The difference, he said, is in how you make groups, often marginalized groups, feel once they are at the table. Are they welcomed?

“For a long time, the focus was solely on diversity, and it was just about getting people in the door,” he said. “But once you get people in the door, if [they] don’t feel a particular way, [they’re] not going to stay in that door. Hence, the emergence of belonging. …So, I don’t think that you need to replace DEI with EIB or vice versa. I think there’s room to expand the work.”

Practically, that means opening up spaces for marginalized students — and faculty and staff — to connect through affinity groups with others who look like them. Providence Day currently has affinity groups for people to gather across identities, whether those identities are religious, racial, sexual orientation and more.

“As an independent school, we’re not just working with students, we’re working with their families and all that their families bring,” Jean said. “Once the diversity is present on campus, we need to make sure that they feel connected, represented, seen, that they feel they are part of the curriculum, they feel a sense of belonging.”

Earlier this year, Providence Day held two socials — one for Black families and one for Hispanic and Latino families. Jean remembers hearing Black Providence Day staff members remark about not having seen so many Black families gather on the campus in more than 20 years. The gatherings allowed the families to connect with one another and dispel any thoughts that their family could be “the only one.”

Dr. Glyn Cowlishaw, Head of School at Providence Day, said Jean “brings significant experience in the field of equity, inclusion and belonging.”

“(He) possesses a deep philosophical understanding that this is a shared responsibility within a school community,” Cowlishaw said. “He has already made significant impact within the PD community during his brief time here, and we look forward to further advances in this arena under his leadership.” 

Moving forward

Despite the ongoing pandemic and the United States’ racial reckoning, something Jean wants to emphasize finding and living out joy — joy that’s not diluted for the consumption of others, Jean specifies. Joy that feels authentic for each person and each community, whether that looks like congregating or laughing loudly.

“I think the goal right now is to find joy,” he said. “And to define joy and then live out joy is the ultimate goal of EIB. And I don’t think that joy is exclusive to the people who have been oppressed; I think that joy includes people who have historically, maybe not today, but historically have been on the oppressor’s side.”

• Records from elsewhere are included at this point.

//! The lines of the recorded events, written once more.

ghost use Rattle.std.specs.Prelude.{◌≡◌, ◌+◌, ◌≤◌, ◌++◌, length, OnOk};
ghost use Rattle.byte_streams.specs.Lent.{WroteTo};
ghost use Rattle.cell_drive.specs.declared.v1_replay.TheConstants.{MOST, EVENT_ROOM, LINES_ROOM};
ghost use Rattle.cell_drive.specs.PlainLines.{plain_line, plain_lines};

use byte_streams::{Sink, WriteFault, put_all};
use cell_tables::Entry;
use event_lines::{put_entry_line, put_late_line};
use text_lines::LineText;

/// How many events are written in one call.
const MOST: usize = 20;

/// The most bytes that the lines of one event have.
const EVENT_ROOM: usize = 96;

/// The room for the lines of `MOST` events.
const LINES_ROOM: usize = 1920;

/// The lines of `MOST` events at most.
type Lines = LineText<LINES_ROOM>;

/// Writes the line of the event, and after a late report's the line that it is late, before what there is.
#[inline(always)]
fn put_plain_line(lines: &mut Lines, entry: Entry, late: bool)
    requires { EVENT_ROOM + length lines.old ≤ LINES_ROOM }
    ensures written { lines.new ≡ plain_line entry late ++ lines.old }
    ensures length { length lines.new ≤ EVENT_ROOM + length lines.old }
{
    match entry {
        Entry::Report(report) => {
            if late {
                put_late_line(lines, report.at());
            }
            put_entry_line(lines, entry);
        }
        Entry::Order(_) => put_entry_line(lines, entry),
    }
}

/// Writes the lines of a few events in one call, the last of them first into their room.
fn put_few<W: Sink>(entries: &[Entry], late: &[bool], writer: &mut W) -> Result<(), WriteFault>
    requires same { length entries.now ≡ length late.now }
    requires few { length entries.now ≤ MOST }
    ensures wrote { WroteTo W.Sink result writer.old writer.new (plain_lines entries.now late.now) }
    ensures unfailed { OnOk result (W.failed writer.new ≡ W.failed writer.old) }
{
    let mut lines = Lines::empty();
    let mut place = entries.len();
    'places: while place > 0 {
        place -= 1;
        put_plain_line(&mut lines, entries[place], late[place]);
    }
    put_all(writer, lines.bytes())
}

/// Writes the lines of the recorded events.
pub(crate) fn put_v1_replay<W: Sink>(
    entries: &[Entry],
    late: &[bool],
    writer: &mut W,
) -> Result<(), WriteFault>
    requires { length entries.now ≡ length late.now }
    ensures wrote { WroteTo W.Sink result writer.old writer.new (plain_lines entries.now late.now) }
    ensures unfailed { OnOk result (W.failed writer.new ≡ W.failed writer.old) }
{
    let mut rest = entries;
    let mut rest_late = late;
    'rests: while !rest.is_empty() {
        let count = rest.len().min(MOST);
        put_few(&rest[..count], &rest_late[..count], writer)?;
        rest = &rest[count..];
        rest_late = &rest_late[count..];
    }
    Ok(())
}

With such a wide age range of students, teaching true U.S. history — and centering joy while doing it — can be complicate, but Jean believes it’s necessary. 

“Part of the process is that you can tell the same story from a different perspective to highlight the joy,” he said. “When Dr. Martin Luther King Jr. was in jail, he would talk about how he felt being in jail, but even in that moment of being in prison, he had hope. He had a vision for what’s to come. He had a purpose. There is joy in that.

This content was paid for by an advertiser and created by QCity Metro's marketing team. Our reporters were not involved in that process.